'''

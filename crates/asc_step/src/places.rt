//! Registers and memory of a state, by their places.
ghost use Rattle.std.specs.Prelude.{◌≡◌, true, ◌+◌, ◌*◌, ◌^◌, ◌<◌, ◌≤◌, [], ◌∷◌, length};
ghost use Rattle.asc_model.specs.Number.{bytes_of, number_at, word_at};
ghost use Rattle.asc_model.specs.State.{IsState};
ghost use Rattle.asc_model.specs.Machine.{register, is_reserved, view_of, reserve, release, Pc, Register};
ghost use Rattle.asc_model.specs.Places.{places_from, register_places, reservation_places, cells};
ghost use Rattle.asc_shape.specs.Face.{face_after_reads, face_after_puts, room_of, untouched_count};
ghost use Rattle.asc_shape.specs.Settled.{unwritten_count};
ghost use Rattle.asc_model.specs.declared.version.Version.TheVariants.{Two};
ghost use Rattle.asc_step.specs.Effect.{bytes_in};
ghost use Rattle.asc_step.specs.Execute.{Puts};

use crate::effect::Size;
use asc_shape::Words;

/// The place of the reserved address.
const RESERVED: u32 = 128;

/// The place of the byte that is 1 where an address is reserved.
const VALID: u32 = 132;

/// The word in the four bytes from a place on.
#[inline(always)]
pub(crate) fn read_word<B: Words>(bytes: &mut B, place: u32) -> u32
    requires place { place + 4 ≤ length (B.face bytes.old).state.bytes }
    requires room { 4 ≤ room_of (B.face bytes.old).marks }
    ensures value { result ≡ word_at (B.face bytes.old).state.bytes place }
    ensures state { (B.face bytes.new).state ≡ (B.face bytes.old).state }
    ensures face { B.face bytes.new ≡ face_after_reads (B.face bytes.old) (places_from place 4) }
{
    bytes.get_word(place)
}

/// The word in the four bytes from a place on, which are touched where `SETTLED` says so.
#[inline(always)]
fn read_settled<B: Words, const SETTLED: bool>(bytes: &mut B, place: u32) -> u32
    requires place { place + 4 ≤ length (B.face bytes.old).state.bytes }
    requires room { 4 ≤ room_of (B.face bytes.old).marks }
    requires settled { SETTLED ≡ true → untouched_count (B.face bytes.old).marks (places_from place 4) ≡ 0 }
    ensures value { result ≡ word_at (B.face bytes.old).state.bytes place }
    ensures face { B.face bytes.new ≡ face_after_reads (B.face bytes.old) (places_from place 4) }
{
    if SETTLED {
        bytes.get_touched(place)
    } else {
        bytes.get_word(place)
    }
}

/// Puts a word in the four bytes from a place on, which are written where `SETTLED` says so.
#[inline(always)]
fn put_settled<B: Words, const SETTLED: bool>(bytes: &mut B, place: u32, word: u32)
    requires place { place + 4 ≤ length (B.face bytes.old).state.bytes }
    requires room { 4 ≤ room_of (B.face bytes.old).marks }
    requires settled { SETTLED ≡ true → unwritten_count (B.face bytes.old).marks (places_from place 4) ≡ 0 }
    ensures { B.face bytes.new ≡ face_after_puts (B.face bytes.old) (cells place (bytes_of 4 word)) }
{
    if SETTLED {
        bytes.put_written(place, word);
    } else {
        bytes.put_word(place, word);
    }
}

/// The number in as many bytes from a place on as the size says.
#[inline(always)]
pub(crate) fn read_number<B: Words>(bytes: &mut B, place: u32, size: Size) -> u32
    requires place { place + bytes_in size ≤ length (B.face bytes.old).state.bytes }
    requires room { 4 ≤ room_of (B.face bytes.old).marks }
    ensures value { result ≡ number_at (bytes_in size) (B.face bytes.old).state.bytes place }
    ensures bound { result < 2 ^ (8 * bytes_in size) }
    ensures state { (B.face bytes.new).state ≡ (B.face bytes.old).state }
    ensures face { B.face bytes.new ≡ face_after_reads (B.face bytes.old)
        (places_from place (bytes_in size)) }
{
    match size {
        Size::Byte => u32::from(bytes.get(place)),
        Size::Half => read_half(bytes, place),
        Size::Word => read_word(bytes, place),
    }
}

/// The number in two bytes from a place on.
#[inline(always)]
fn read_half<B: Words>(bytes: &mut B, place: u32) -> u32
    requires place { place + 2 ≤ length (B.face bytes.old).state.bytes }
    requires room { 4 ≤ room_of (B.face bytes.old).marks }
    ensures value { result ≡ number_at 2 (B.face bytes.old).state.bytes place }
    ensures bound { result < 2 ^ 16 }
    ensures state { (B.face bytes.new).state ≡ (B.face bytes.old).state }
    ensures face { B.face bytes.new ≡ face_after_reads (B.face bytes.old) (places_from place 2) }
{
    // Its shape bounds the places of a state, so that the sum below fits.
    let _ = bytes.shape();
    u32::from(u16::from_le_bytes([bytes.get(place), bytes.get(place + 1)]))
}

/// Puts the lowest bytes of a number from a place on, as many as the size says.
#[inline(always)]
pub(crate) fn put_number<B: Words>(bytes: &mut B, place: u32, size: Size, value: u32)
    requires place { place + bytes_in size ≤ length (B.face bytes.old).state.bytes }
    requires room { 4 ≤ room_of (B.face bytes.old).marks }
    ensures { B.face bytes.new ≡ face_after_puts (B.face bytes.old)
        (cells place (bytes_of (bytes_in size) value)) }
{
    match size {
        Size::Byte => bytes.put(place, (value & 0xFF) as u8),
        Size::Half => put_half(bytes, place, value),
        Size::Word => bytes.put_word(place, value),
    }
}

/// Puts the lowest two bytes of a number from a place on.
#[inline(always)]
fn put_half<B: Words>(bytes: &mut B, place: u32, value: u32)
    requires place { place + 2 ≤ length (B.face bytes.old).state.bytes }
    requires room { 4 ≤ room_of (B.face bytes.old).marks }
    ensures { B.face bytes.new ≡ face_after_puts (B.face bytes.old) (cells place (bytes_of 2 value)) }
{
    // Its shape bounds the places of a state, so that the sum below fits.
    let _ = bytes.shape();
    let [low, high, _, _] = value.to_le_bytes();
    bytes.put(place, low);
    bytes.put(place + 1, high);
}

/// x\[k\]. Register 0 is 0, and no place is read for it. Its places are touched where `SETTLED` says so.
#[inline(always)]
#[tactic(auto, using(crate::proofs::Touches::reads_none, crate::proofs::Touches::register_read))]
pub(crate) fn register<B: Words, const SETTLED: bool>(bytes: &mut B, k: u8) -> u32
    requires k { k < 32 }
    requires length { 128 ≤ length (B.face bytes.old).state.bytes }
    requires room { 4 ≤ room_of (B.face bytes.old).marks }
    requires settled { SETTLED ≡ true → untouched_count (B.face bytes.old).marks (register_places k) ≡ 0 }
    ensures value { result ≡ register (view_of (B.face bytes.old).state) k }
    ensures state { (B.face bytes.new).state ≡ (B.face bytes.old).state }
    ensures face { B.face bytes.new ≡ face_after_reads (B.face bytes.old) (register_places k) }
{
    let k = u32::from(k);
    if k == 0 {
        0
    } else {
        read_settled::<B, SETTLED>(bytes, 4 * k)
    }
}

/// Sets the pc. Its places are written where `SETTLED` says so.
#[inline(always)]
pub(crate) fn set_pc<B: Words, const SETTLED: bool>(bytes: &mut B, value: u32)
    requires length { 128 ≤ length (B.face bytes.old).state.bytes }
    requires room { 4 ≤ room_of (B.face bytes.old).marks }
    requires settled { SETTLED ≡ true → unwritten_count (B.face bytes.old).marks (places_from 0 4) ≡ 0 }
    ensures { Puts (B.face bytes.old) (B.face bytes.new) (Pc value ∷ []) }
{
    put_settled::<B, SETTLED>(bytes, 0, value);
}

/// Sets x\[k\]. Setting register 0 changes nothing. Its places are written where `SETTLED` says so.
#[inline(always)]
#[tactic(auto, using(crate::proofs::Touches::puts_none))]
pub(crate) fn set_register<B: Words, const SETTLED: bool>(bytes: &mut B, k: u8, value: u32)
    requires k { k < 32 }
    requires length { 128 ≤ length (B.face bytes.old).state.bytes }
    requires room { 4 ≤ room_of (B.face bytes.old).marks }
    requires settled { SETTLED ≡ true → unwritten_count (B.face bytes.old).marks (register_places k) ≡ 0 }
    ensures { Puts (B.face bytes.old) (B.face bytes.new) (Register k value ∷ []) }
{
    if k != 0 {
        put_settled::<B, SETTLED>(bytes, place_of_register(k), value);
    }
}

/// The place of a register. By the remainder a compiler sees that it is below 128, so that no code that marks memory is
/// made for a put there.
#[inline(always)]
fn place_of_register(k: u8) -> u32
    requires { k < 32 }
    ensures { result ≡ 4 * k }
{
    4 * u32::from(k % 32)
}

/// Whether an address is reserved, in version Two.
#[inline(always)]
pub(crate) fn is_reserved<B: Words>(bytes: &mut B, address: u32) -> bool
    requires version { (B.face bytes.old).state.shape.version ≡ Two }
    requires length { 136 ≤ length (B.face bytes.old).state.bytes }
    requires room { 5 ≤ room_of (B.face bytes.old).marks }
    ensures value { result ≡ is_reserved (view_of (B.face bytes.old).state) address }
    ensures state { (B.face bytes.new).state ≡ (B.face bytes.old).state }
    ensures face { B.face bytes.new ≡ face_after_reads (B.face bytes.old) reservation_places }
{
    let reserved = read_word(bytes, RESERVED);
    let valid = bytes.get(VALID);
    valid == 1 && reserved == address
}

/// Reserves an address.
#[inline(always)]
pub(crate) fn reserve<B: Words>(bytes: &mut B, address: u32)
    requires length { 136 ≤ length (B.face bytes.old).state.bytes }
    requires room { 5 ≤ room_of (B.face bytes.old).marks }
    ensures { Puts (B.face bytes.old) (B.face bytes.new) (reserve address ∷ []) }
{
    bytes.put_word(RESERVED, address);
    bytes.put(VALID, 1);
}

/// Gives up what is reserved.
#[inline(always)]
pub(crate) fn release<B: Words>(bytes: &mut B)
    requires length { 136 ≤ length (B.face bytes.old).state.bytes }
    requires room { 1 ≤ room_of (B.face bytes.old).marks }
    ensures { Puts (B.face bytes.old) (B.face bytes.new) (release ∷ []) }
{
    bytes.put(VALID, 0);
}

'''

Your task:
From the records, copy every line that has the string "lowest" in it.

Task answer:
/// Puts the lowest bytes of a number from a place on, as many as the size says.
/// Puts the lowest two bytes of a number from a place on.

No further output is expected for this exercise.